I spend about half my paycheck of my desk job on working out and exercise classes, so I've been considering changing my career path to something in the fitness world. I've learned about this Equinox Academy, which is a 7 week program offering to introduce you to the personal trainer field. My question is, is it worth it? Has anyone done it or know about people that have done it? They use a NCSF textbook and offer the chance to take the NCSF test at the end, but is there a better way to go about certification? I'm somewhat worried they will take my $1300 and I'll get nothing out of it.
Additionally, I'd like to know more about what the job is like after certification. I've read about floor shifts v. personal clients but would like to know more.
Thanks so much!
posted by rubberkey to Health & Fitness (3 answers total) 1 user marked this as a favorite
 
Personal trainers are ubiquitous. Can you find a directory, contact 5-10 people, and give them your questions in the course of a short conversation? There is really no substitute to getting a range of first-hand accounts of what it's like.
posted by Nomyte at 7:44 AM on January 25, 2012


If you want an NCSF certification, you can take it from NCSF directly. It will be a lot less than $1300.

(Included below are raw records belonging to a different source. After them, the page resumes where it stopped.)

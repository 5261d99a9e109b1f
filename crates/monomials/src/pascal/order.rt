// The order of monomials: lower degree first, then the larger exponent at the first variable that differs. Within one
// degree the exponents after the first one run through a shorter list of the same kind, so a place is a sum of one
// binomial for each variable, and the monomial at a place is found one exponent after the other.
ghost use Rattle.std.specs.Prelude.{◌≡◌, ◌+◌, ◌<◌, ◌≤◌, min, length, MatchBool, IsSome, IsTrue, IfSome, ◌↔◌};
ghost use Rattle.monomials.specs.Choose.{choose};
ghost use Rattle.monomials.specs.Order.{Counted, Placed, Onto, Ordered, Apart, degree as degree_of, rank_of, lower};
ghost use Rattle.monomials.specs.Reach.{count_for, Lists, rank_for, listed, reached, Written};

const MOST_VARIABLES: usize = 24;

const LAST_ROW: usize = 75;

const MOST_MONOMIALS: usize = 1_000_000;

/// How many monomials there are, where each stands, that each place is taken, and that places follow the order.
pub fn order_stands()
    ensures counted { Counted }
    ensures placed { Placed }
    ensures onto { Onto }
    ensures ordered { Ordered }
    ensures apart { Apart }
{}

/// How many monomials in so many variables have at most that degree, or 1_000_001 where there are more than a million.
/// `None` for more than 24 variables, and where variables and degree together pass 75.
#[tactic(auto, unfolding(crate::specs::Reach::count_for), using(crate::proofs::Places::counted))]
pub fn count(variables: usize, degree: usize) -> Option<usize>
    ensures is { result ≡ count_for variables degree }
    ensures lists { Lists variables degree result }
{
    if variables > MOST_VARIABLES || degree > LAST_ROW - variables {
        return None;
    }
    Some(super::capped(variables + degree, variables))
}

/// The place of a monomial in the order, counted from zero. `None` where `count` at its degree is `None` or passes a million.
#[tactic(auto, unfolding(crate::specs::Reach::rank_for))]
pub fn rank(exponents: &[u8]) -> Option<usize>
    ensures { result ≡ rank_for exponents.now }
{
    if exponents.len() > MOST_VARIABLES {
        return None;
    }
    let monomials = Monomials::listed(exponents.len(), degree_of(exponents))?;
    Some(monomials.place_of(exponents))
}

/// Writes the exponents of the monomial at `place` among those of at most that degree in as many variables as there are
/// exponents. False, with nothing changed, where `count` is `None` or passes a million, or there is no such place.
/// The exponents are the caller's memory, so a truth value is all that is left to answer.
#[tactic(auto, unfolding(crate::specs::Reach::reached))]
pub fn unrank(place: usize, degree: usize, exponents: &mut [u8]) -> bool
    ensures reached { result ≡ reached (length exponents.old) degree place }
    ensures written { MatchBool result (Written (length exponents.old) degree place exponents.new) (exponents.new ≡ exponents.old) }
{
    match Monomials::listed(exponents.len(), degree) {
        Some(monomials) if place < monomials.count => {
            monomials.write(place, exponents);
            true
        }
        _ => false,
    }
}

#[tactic(auto, using(crate::proofs::Turn::degree_is_sum))]
fn degree_of(exponents: &[u8]) -> usize
    requires { length exponents.now ≤ 24 }
    ensures { result ≡ degree_of exponents.now }
{
    exponents.iter().map(|&x| usize::from(x)).sum()
}

// The monomials in so many variables of at most a degree, where their places are told: within the table, and a million
// of them at most.
#[derive(Clone, Copy)]
struct Monomials {
    variables: usize,
    degree: usize,
    count: usize,
    ghost few: { variables ≤ 24 },
    ghost narrow: { variables + degree ≤ 75 },
    ghost small: { count ≤ 1000000 },
    ghost counted: { count ≡ choose (variables + degree) variables },
}

impl Monomials {
    #[tactic(auto, unfolding(crate::specs::Reach::count_for))]
    fn listed(variables: usize, degree: usize) -> Option<Monomials>
        ensures some { IsSome result ↔ IsTrue (listed variables degree) }
        ensures variables { IfSome result (λ m. m.variables ≡ variables) }
        ensures degree { IfSome result (λ m. m.degree ≡ degree) }
    {
        let count = count(variables, degree)?;
        if count > MOST_MONOMIALS {
            return None;
        }
        Some(Monomials {
            variables,
            degree,
            count,
        })
    }

    // The place of one of them. Each variable adds the monomials of a lower degree in it and those after it.
    fn place_of(self, exponents: &[u8]) -> usize
        requires variables { length exponents.now ≤ self.variables }
        requires degree { degree_of exponents.now ≤ self.degree }
        ensures { result ≡ rank_of exponents.now }
    {
        let mut left = degree_of(exponents);
        let mut place: usize = 0;
        for (i, x) in exponents.iter().enumerate() {
            place += self.fewer(exponents.len() - i, left);
            left -= usize::from(*x);
        }
        place
    }

    // Writes the one at a place. From the first exponent to the last: the degree that the later variables have left tells
    // the exponent.
    fn write(self, place: usize, exponents: &mut [u8])
        requires variables { length exponents.old ≡ self.variables }
        requires within { place < self.count }
        ensures { Written self.variables self.degree place exponents.new }
    {
        let mut top = self.degree_at(self.variables, self.degree, place);
        let mut left = place - self.fewer(self.variables, top);
        for (i, exponent) in exponents.iter_mut().enumerate() {
            let later = self.variables - i - 1;
            let rest = self.degree_at(later, top, left);
            left -= self.fewer(later, rest);
            *exponent = (top - rest) as u8;
            top = rest;
        }
    }

    // How many monomials in `variables` of these variables have a degree below `degree`.
    #[tactic(auto, using(crate::proofs::Turn::lower_is, crate::proofs::Turn::lower_none, crate::proofs::Turn::lower_most))]
    fn fewer(self, variables: usize, degree: usize) -> usize
        requires variables { variables ≤ self.variables }
        requires degree { degree ≤ self.degree }
        ensures { result ≡ lower variables degree }
    {
        if degree == 0 {
            return 0;
        }
        super::capped(variables + degree - 1, variables)
    }

    // The degree of the monomial in `variables` of these variables at a place, which is at most `top`.
    fn degree_at(self, variables: usize, top: usize, place: usize) -> usize
        requires variables { variables ≤ self.variables }
        requires degree { top ≤ self.degree }
        requires within { place < lower variables (top + 1) }
        ensures most { result ≤ top }
        ensures from { lower variables result ≤ place }
        ensures below { place < lower variables (result + 1) }
    {
        // Half-open: going down `1..=top` would test at each degree whether the range is spent.
        (1..top + 1)
            .rev()
            .find(|&degree| self.fewer(variables, degree) <= place)
            .unwrap_or(0)
    }
}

If you are interested in training at all, then get used to doing a lot of personal research. Most certifications are not particularly in-depth or contain information you can't learn out of reasonable self-study. The most important aspect of being a good PT is experience--experience training yourself, experience helping other people with their programming, experience checking form and correcting form faults, and a lot of trial and error. And getting used to picking the brain of everyone stronger or faster than you.

As far as I can tell, their training program is just another arm of the fitness-for-the-rich-set thing Equinox has going, and the price tag is not necessarily reflective of the quality and quantity of information you learn. Which is the case for most personal training certifications--you get it for some letters on your resume rather than the knowledge you learn in the course. I don't know anyone personally who went through it however.
posted by Anonymous at 9:07 AM on January 25, 2012


I agree with schroedinger. There are two kinds of really great personal trainers. Self taught, which means you not only spend a lot of time reading and learning but you also spend a lot of time working with people. The other is school taught. You can pick up an Exercise Science degree or some such but you must also keep current by doing a lot of reading and working with people. The great thing about going to school is the ease of making contacts and the ability to intern/work under someone who has light years of knowledge ahead of what you'll find BSing with guys at the gym.
Becoming a personal trainer is the really easy part, and a lot easier than paying out a lot of money. Being knowledgeable and able to offer good advice for anyone who walks up to you wanting to do XYZ is totally something else.